• [Instructions to follow]: Select from the records below every line that has the word "least" in it.

※ ※ ※

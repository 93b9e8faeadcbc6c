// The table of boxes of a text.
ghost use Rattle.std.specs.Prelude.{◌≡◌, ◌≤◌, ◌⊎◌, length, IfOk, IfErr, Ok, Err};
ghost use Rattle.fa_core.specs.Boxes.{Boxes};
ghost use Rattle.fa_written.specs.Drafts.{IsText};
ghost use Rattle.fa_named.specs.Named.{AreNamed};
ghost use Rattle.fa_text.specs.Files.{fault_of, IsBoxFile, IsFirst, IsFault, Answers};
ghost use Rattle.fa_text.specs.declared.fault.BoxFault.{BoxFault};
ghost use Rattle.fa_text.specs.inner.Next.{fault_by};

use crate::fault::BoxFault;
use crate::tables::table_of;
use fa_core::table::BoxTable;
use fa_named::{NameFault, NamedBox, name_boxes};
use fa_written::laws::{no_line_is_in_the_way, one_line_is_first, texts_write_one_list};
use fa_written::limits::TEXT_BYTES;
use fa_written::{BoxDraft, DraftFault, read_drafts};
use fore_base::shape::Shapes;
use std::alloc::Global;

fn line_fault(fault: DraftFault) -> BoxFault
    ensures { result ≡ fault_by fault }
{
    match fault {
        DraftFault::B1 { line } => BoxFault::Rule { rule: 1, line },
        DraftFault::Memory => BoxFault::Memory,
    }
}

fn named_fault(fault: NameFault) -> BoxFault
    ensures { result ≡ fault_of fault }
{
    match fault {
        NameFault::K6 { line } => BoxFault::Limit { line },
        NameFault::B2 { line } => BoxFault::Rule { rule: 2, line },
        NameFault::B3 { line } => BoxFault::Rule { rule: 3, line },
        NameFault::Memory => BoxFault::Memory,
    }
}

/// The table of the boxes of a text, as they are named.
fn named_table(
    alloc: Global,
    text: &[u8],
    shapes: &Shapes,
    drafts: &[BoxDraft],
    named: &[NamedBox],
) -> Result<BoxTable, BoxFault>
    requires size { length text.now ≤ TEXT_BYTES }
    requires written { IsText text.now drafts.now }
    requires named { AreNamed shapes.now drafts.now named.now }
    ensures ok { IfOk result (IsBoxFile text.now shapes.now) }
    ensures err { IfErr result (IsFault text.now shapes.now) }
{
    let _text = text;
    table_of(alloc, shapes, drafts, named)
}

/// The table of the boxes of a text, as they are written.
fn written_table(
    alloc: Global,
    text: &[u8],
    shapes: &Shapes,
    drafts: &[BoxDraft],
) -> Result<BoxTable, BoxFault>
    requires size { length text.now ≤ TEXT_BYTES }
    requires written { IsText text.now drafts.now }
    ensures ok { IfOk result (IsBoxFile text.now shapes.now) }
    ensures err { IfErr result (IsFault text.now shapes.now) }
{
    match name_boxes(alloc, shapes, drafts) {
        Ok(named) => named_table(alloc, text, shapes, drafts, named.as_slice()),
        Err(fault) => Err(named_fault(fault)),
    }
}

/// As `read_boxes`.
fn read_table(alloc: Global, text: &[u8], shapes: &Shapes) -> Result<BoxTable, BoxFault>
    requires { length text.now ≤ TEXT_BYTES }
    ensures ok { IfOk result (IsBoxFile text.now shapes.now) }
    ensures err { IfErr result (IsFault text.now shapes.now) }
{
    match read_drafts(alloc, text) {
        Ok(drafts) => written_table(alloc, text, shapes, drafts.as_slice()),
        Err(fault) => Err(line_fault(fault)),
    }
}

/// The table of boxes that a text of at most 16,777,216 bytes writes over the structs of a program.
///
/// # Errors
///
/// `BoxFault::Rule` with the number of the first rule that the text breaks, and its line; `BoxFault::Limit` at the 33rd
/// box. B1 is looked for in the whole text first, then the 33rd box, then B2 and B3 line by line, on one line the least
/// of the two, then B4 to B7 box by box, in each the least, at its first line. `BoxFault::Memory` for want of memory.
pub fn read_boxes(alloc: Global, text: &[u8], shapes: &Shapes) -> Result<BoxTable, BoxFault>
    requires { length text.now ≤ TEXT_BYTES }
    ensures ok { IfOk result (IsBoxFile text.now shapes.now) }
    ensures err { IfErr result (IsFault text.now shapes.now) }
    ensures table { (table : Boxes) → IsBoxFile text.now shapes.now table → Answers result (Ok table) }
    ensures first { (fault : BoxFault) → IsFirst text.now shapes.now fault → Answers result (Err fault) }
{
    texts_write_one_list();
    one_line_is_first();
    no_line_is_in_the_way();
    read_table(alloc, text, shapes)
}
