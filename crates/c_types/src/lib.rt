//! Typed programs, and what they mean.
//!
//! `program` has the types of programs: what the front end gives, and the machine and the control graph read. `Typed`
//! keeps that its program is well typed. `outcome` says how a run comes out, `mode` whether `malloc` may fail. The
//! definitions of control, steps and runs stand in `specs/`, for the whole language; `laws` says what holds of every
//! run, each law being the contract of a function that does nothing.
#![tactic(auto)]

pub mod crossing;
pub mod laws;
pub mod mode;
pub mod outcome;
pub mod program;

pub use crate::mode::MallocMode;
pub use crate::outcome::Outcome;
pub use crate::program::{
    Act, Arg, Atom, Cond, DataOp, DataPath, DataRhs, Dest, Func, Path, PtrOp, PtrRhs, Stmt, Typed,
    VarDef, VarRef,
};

※ ※ ※

• [Result below]:
/// box. B1 is looked for in the whole text first, then the 33rd box, then B2 and B3 line by line, on one line the least
/// of the two, then B4 to B7 box by box, in each the least, at its first line. `BoxFault::Memory` for want of memory.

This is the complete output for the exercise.